To the readers dealing with the aftermath of floods, we’re thinking of you. As you clean up, you’ll possibly have some views on how the “third water” (stormwater) might be better managed.
We’ve seen some trying to use the devastation to score points in favour of Three Waters. We’ve seen no evidence that Three Waters’ remote central control would have made a blind bit of difference. It could have made things worse. As our Group Chair observed – “In my years in local government I’ve not seen much flooding stopped by central government working groups and policy papers”. The extra consent paralysis built into the replacement Bill for the RMA could be an added obstacle to resilience. Can anyone tell us just what Te Mana o te Taiao will demand for permission to work in riverbeds?
Communities 4 Local Democracy - Adverse Court Decision
You may have seen reports that the High Court dismissed a court challenge to Three Waters. That was not our case. We are waiting for a Court of Appeal decision on our case. Yesterday’s decision was against the C4LD group of councils request for the court to declare that the property rights expropriation in the Three Waters Bill was wrong. You can read about it here on Stuff and the judgment itself is available here.
We think the C4LD group arguments were right, and it is disappointing that the Court did not take the opportunity to do more than comment helpfully. But reaffirming that Councils do actually own the water assets is not as useful as a declaration, even though the case was never going to stop the Bill.
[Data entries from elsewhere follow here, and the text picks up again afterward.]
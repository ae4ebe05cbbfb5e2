//! What is logged about the core's steps.
ghost use Rattle.std.specs.Prelude.{◌≡◌, ◌||◌, None, false};
ghost use Rattle.bq_host.specs.Told.{after_drain, after_full, after_put, after_refusal, after_stored};
ghost use Rattle.bq_host.specs.Told.{calmed, concern_of, none_unlogged, noted, told_after};

use bq_core_api::Outs;
use bq_job::{Moment, Refusal, Request, Step};
use bq_line::clock::{Clock, Notice};

/// A shortage of memory ends with a put that succeeds when no allocation has failed for this many
/// milliseconds.
const CALM: u64 = 1_000;

/// The number of jobs counts as below its limit again with a put that succeeds when none met the
/// limit for this many milliseconds. It is longer because the limit may be reached all day long.
const CALM_BELOW_LIMIT: u64 = 60_000;

/// The kind of a step, as far as the log is concerned.
#[derive(Clone, Copy)]
pub enum Concern {
    /// Draining begins.
    Drain,
    /// The allocation of a body failed at the seat.
    Refused,
    /// The step allocates.
    Put,
    /// The step may allocate, but its success does not end a shortage of memory.
    Other,
}

/// What was reported and is not reported again.
#[derive(Clone, Copy)]
pub struct Notices {
    is_draining: bool,
    // The moment of the latest failed allocation during a shortage of memory.
    refused: Option<Moment>,
    // The moment of the latest put that met the limit on jobs, while the limit counts as reached.
    full: Option<Moment>,
}

impl Notices {
    /// Returns a state in which nothing was logged.
    pub fn none() -> Notices
        ensures { result ≡ record { is_draining = false; refused = None; full = None } }
    {
        Notices {
            is_draining: false,
            refused: None,
            full: None,
        }
    }

    /// Returns what to log after a step with these answers at this moment.
    pub fn after(&mut self, concern: Concern, outs: &Outs, at: Moment) -> Option<Notice>
        ensures { (result, self.new) ≡ told_after concern outs.now at self.old }
    {
        match concern {
            Concern::Drain => self.after_drain(),
            Concern::Refused => self.after_refusal(at),
            Concern::Put => {
                if is_refused(outs) {
                    self.after_refusal(at)
                } else {
                    self.after_put(outs, at)
                }
            }
            Concern::Other => {
                if is_refused(outs) {
                    self.after_refusal(at)
                } else {
                    None
                }
            }
        }
    }

    fn after_drain(&mut self) -> Option<Notice>
        ensures { (result, self.new) ≡ after_drain self.old }
    {
        if self.is_draining {
            return None;
        }
        self.is_draining = true;
        Some(Notice::Draining)
    }

    fn after_refusal(&mut self, at: Moment) -> Option<Notice>
        ensures { (result, self.new) ≡ after_refusal self.old.refused at self.old }
    {
        match self.refused.replace(at) {
            Some(_) => None,
            None => Some(Notice::MemoryRefused),
        }
    }

    // A put for which no allocation failed.
    fn after_put(&mut self, outs: &Outs, at: Moment) -> Option<Notice>
        ensures { (result, self.new) ≡ after_put outs.now.given at self.old }
    {
        self.calm(at);
        if outs.has_inserted() {
            self.after_stored(at)
        } else if outs.has_out_of_memory() {
            self.after_full(at)
        } else {
            None
        }
    }

    fn calm(&mut self, at: Moment)
        ensures { self.new ≡ calmed self.old.refused at self.old }
    {
        if let Some(last) = self.refused {
            if at.saturating_sub(last) >= CALM {
                self.refused = None;
            }
        }
    }

    fn after_stored(&mut self, at: Moment) -> Option<Notice>
        ensures { (result, self.new) ≡ after_stored self.old.full at self.old }
    {
        let last = self.full?;
        if at.saturating_sub(last) < CALM_BELOW_LIMIT {
            return None;
        }
        self.full = None;
        Some(Notice::BelowJobLimit)
    }

    fn after_full(&mut self, at: Moment) -> Option<Notice>
        ensures { (result, self.new) ≡ after_full self.old.full at self.old }
    {
        match self.full.replace(at) {
            Some(_) => None,
            None => Some(Notice::JobLimitReached),
        }
    }
}

/// The notices that are still to be logged: each kind at most once.
#[derive(Clone, Copy)]
pub struct Unlogged {
    drain: bool,
    refusal: bool,
    full: bool,
    below: bool,
}

impl Unlogged {
    /// Returns a state in which nothing is to be logged.
    pub fn none() -> Unlogged
        ensures { result ≡ none_unlogged }
    {
        Unlogged {
            drain: false,
            refusal: false,
            full: false,
            below: false,
        }
    }

    /// Notes a notice, if there is one.
    pub fn note(&mut self, notice: Option<Notice>)
        ensures { self.new ≡ noted notice self.old }
    {
        match notice {
            None => {}
            Some(Notice::Draining) => self.drain = true,
            Some(Notice::MemoryRefused) => self.refusal = true,
            Some(Notice::JobLimitReached) => self.full = true,
            Some(Notice::BelowJobLimit) => self.below = true,
        }
    }

    /// Passes all of these notices to the clock. Nothing is then left to be logged.
    pub fn log_all<C: Clock>(&mut self, clock: &C)
        ensures { self.new ≡ none_unlogged }
    {
        self.log(clock);
        *self = Unlogged::none();
    }

    /// Passes all of these notices to the clock, and keeps them.
    pub fn log<C: Clock>(&self, clock: &C) {
        if self.drain {
            clock.tell(Notice::Draining);
        }
        if self.refusal {
            clock.tell(Notice::MemoryRefused);
        }
        // The limit may be reached again right after the number of jobs fell below it. The other way
        // round there is a minute between them.
        if self.below {
            clock.tell(Notice::BelowJobLimit);
        }
        if self.full {
            clock.tell(Notice::JobLimitReached);
        }
    }
}

// Returns true if an allocation of the step failed.
fn is_refused(outs: &Outs) -> bool
    ensures { result ≡ (outs.now.left_out || outs.now.unshared) }
{
    outs.left_out() || outs.unshared()
}

/// Returns the kind of a step, as far as the log is concerned.
pub fn concern_of(what: &Step) -> Concern
    ensures { result ≡ concern_of what.now }
{
    match what {
        Step::Drain => Concern::Drain,
        Step::Ask(Request::Put { .. }) => Concern::Put,
        Step::Ask(Request::Refused(Refusal::OutOfMemory)) => Concern::Refused,
        _ => Concern::Other,
    }
}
The devastation across the North Island has pulled in to sharp focus the importance of getting management of our water assets right. We have already seen some try to use this as an excuse to push through three waters but it is arguable that the proposed 'solution' could in fact have made the current situation much worse (had it been in place last week) and make any rebuild much harder.
Our case
As you know, we had our hearing last week on the interlocutory matter of access to the full Crown law advice provided to the then Minister for Local Government, Nanaia Mahuta. It is always difficult to predict how a hearing went. Senior judges are usually respectful and curious, to both sides. Our argument is that the Evidence Act obliges the Crown to disclose. Crown Law say the judges can gloss the statute with an overlay question of the ‘fairness’ of release, and the precedent effect on advice to Ministers. We say the fairness argument should also go in our favour, but that it is not a pertinent question.
We cannot say when the Court of Appeal will give its decision.
Government statements yesterday
We suspect that the Prime Minister's plans to 'refocus' three waters will take longer than the promised 'few weeks'. Cabinet is tied up, appropriately so, in the disaster response. But if they are genuinely engaging with local authorities now and are no longer just issuing decrees, they have a lot of ground to cover, and to make up.